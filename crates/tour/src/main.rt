// A tour of the product: does one task from beginning to end and prints each thing it did.
#![tactic(auto)]

mod keeping;

use machine::action::Action;
use machine::{Machine, Operation};
use program::{Instruction, Program, Room};
use refusal::Refusal;
use worked::{ORDER, WORKED};

fn main(rt: HostRuntime) -> anyhow::Result<()> {
    tour(&rt)
}

fn tour(rt: &HostRuntime) -> anyhow::Result<()> {
    let room = Room::reserve(rt.alloc())?;
    println!(rt; "A program of {} bytes is read.", WORKED.len())?;
    match Program::read(room, &WORKED) {
        Err(fault) => {
            println!(rt; "  {}", Refusal::from(fault))?;
        }
        Ok((program, taken)) => {
            list(rt, &program, taken)?;
            run(rt, &program)?;
        }
    }
    refuse(rt)?;
    keeping::keep(rt)
}

// What was read.
fn list(rt: &HostRuntime, program: &Program, taken: usize) -> anyhow::Result<()> {
    let threads = program.threads();
    println!(rt; "  Bytes taken: {taken}. Threads: {threads}.")?;
    for thread in 1..=threads {
        let text = program.text(thread);
        println!(rt; "  Instructions of thread {thread}: {}", text.len())?;
        for (place, instruction) in text.iter().enumerate() {
            println!(rt; "    {place}: {instruction}")?;
        }
    }
    Ok(())
}

// Steps the threads in order, and shows what each step changed.
fn run(rt: &HostRuntime, program: &Program) -> anyhow::Result<()> {
    println!(rt; "It is run, the threads stepping in the order {ORDER:?}.")?;
    let mut machine = Machine::start(program);
    for thread in ORDER {
        let action = machine.action(program, thread);
        match machine.current(program, thread) {
            Some(instruction) if machine.step(program, thread) => {
                println!(rt; "  Thread {thread}: {instruction}.")?;
                change(rt, &machine, thread, instruction)?;
                object(rt, &machine, action.unwrap_or(Action::Local))?;
            }
            _ => println!(rt; "  Thread {thread} is not able.")?,
        }
    }
    // as in the tour of replays: a function for both would be a library's, with a contract and an edit, for these lines
    println!(rt; "The variables that are not 0:")?;
    for (v, item) in machine.variables().iter().enumerate() {
        if item.value != 0 {
            println!(rt; "  v{v} {}", item.value)?;
        }
    }
    Ok(())
}

// What a step changed of its thread: a register, or the place that it jumped to. An instruction's code is a number
// (see `Instruction`).
fn change(
    rt: &HostRuntime,
    machine: &Machine,
    thread: u8,
    instruction: Instruction,
) -> anyhow::Result<()> {
    let Some(state) = machine.thread(thread) else {
        return Ok(());
    };
    let a = instruction.a;
    match (instruction.code, state.registers.get(usize::from(a))) {
        (1..=3 | 6, Some(value)) => println!(rt; "    r{a} is {value}")?,
        (4..=5, _) => println!(rt; "    its place is {}", state.place)?,
        _ => {}
    }
    Ok(())
}

// What the object that a step acted on holds now.
fn object(rt: &HostRuntime, machine: &Machine, action: Action) -> anyhow::Result<()> {
    match action {
        Action::Local => {}
        Action::Read { variable: v } | Action::Write { variable: v } => {
            if let Some(item) = machine.variable(v) {
                println!(rt;
                    "    v{v} is {}, version {}, reads made of it {}",
                    item.value, item.version, item.made
                )?;
            }
        }
        Action::Sync {
            operation: Operation::P | Operation::V,
            number,
        } => {
            if let Some(value) = machine.semaphore(number) {
                println!(rt; "    s{number} is {value}")?;
            }
        }
        Action::Sync {
            operation: Operation::Lock | Operation::Unlock,
            number,
        } => {
            if let Some(holder) = machine.holder(number) {
                println!(rt; "    l{number} has the holder {holder}")?;
            }
        }
    }
    Ok(())
}

// Two byte strings that are no program.
fn refuse(rt: &HostRuntime) -> anyhow::Result<()> {
    println!(rt; "Two damaged programs are read.")?;
    attempt(rt, "cut short by one byte", &WORKED[0..43])?;
    let mut nine = WORKED;
    nine[0] = 9;
    attempt(rt, "with nine threads", &nine)
}

fn attempt(rt: &HostRuntime, name: &str, bytes: &[u8]) -> anyhow::Result<()> {
    match Program::read(Room::reserve(rt.alloc())?, bytes) {
        Ok((_, taken)) => println!(rt; "  The program {name}: {taken} bytes taken.")?,
        Err(fault) => println!(rt; "  The program {name}: {}.", Refusal::from(fault))?,
    }
    Ok(())
}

▶ WHAT YOU NEED TO DO
What is needed is a copy of every line above in which "HostRuntime" appears.

▶ OUTPUT BELOW
fn main(rt: HostRuntime) -> anyhow::Result<()> {
fn tour(rt: &HostRuntime) -> anyhow::Result<()> {
fn list(rt: &HostRuntime, program: &Program, taken: usize) -> anyhow::Result<()> {
fn run(rt: &HostRuntime, program: &Program) -> anyhow::Result<()> {
    rt: &HostRuntime,
fn object(rt: &HostRuntime, machine: &Machine, action: Action) -> anyhow::Result<()> {
fn refuse(rt: &HostRuntime) -> anyhow::Result<()> {
fn attempt(rt: &HostRuntime, name: &str, bytes: &[u8]) -> anyhow::Result<()> {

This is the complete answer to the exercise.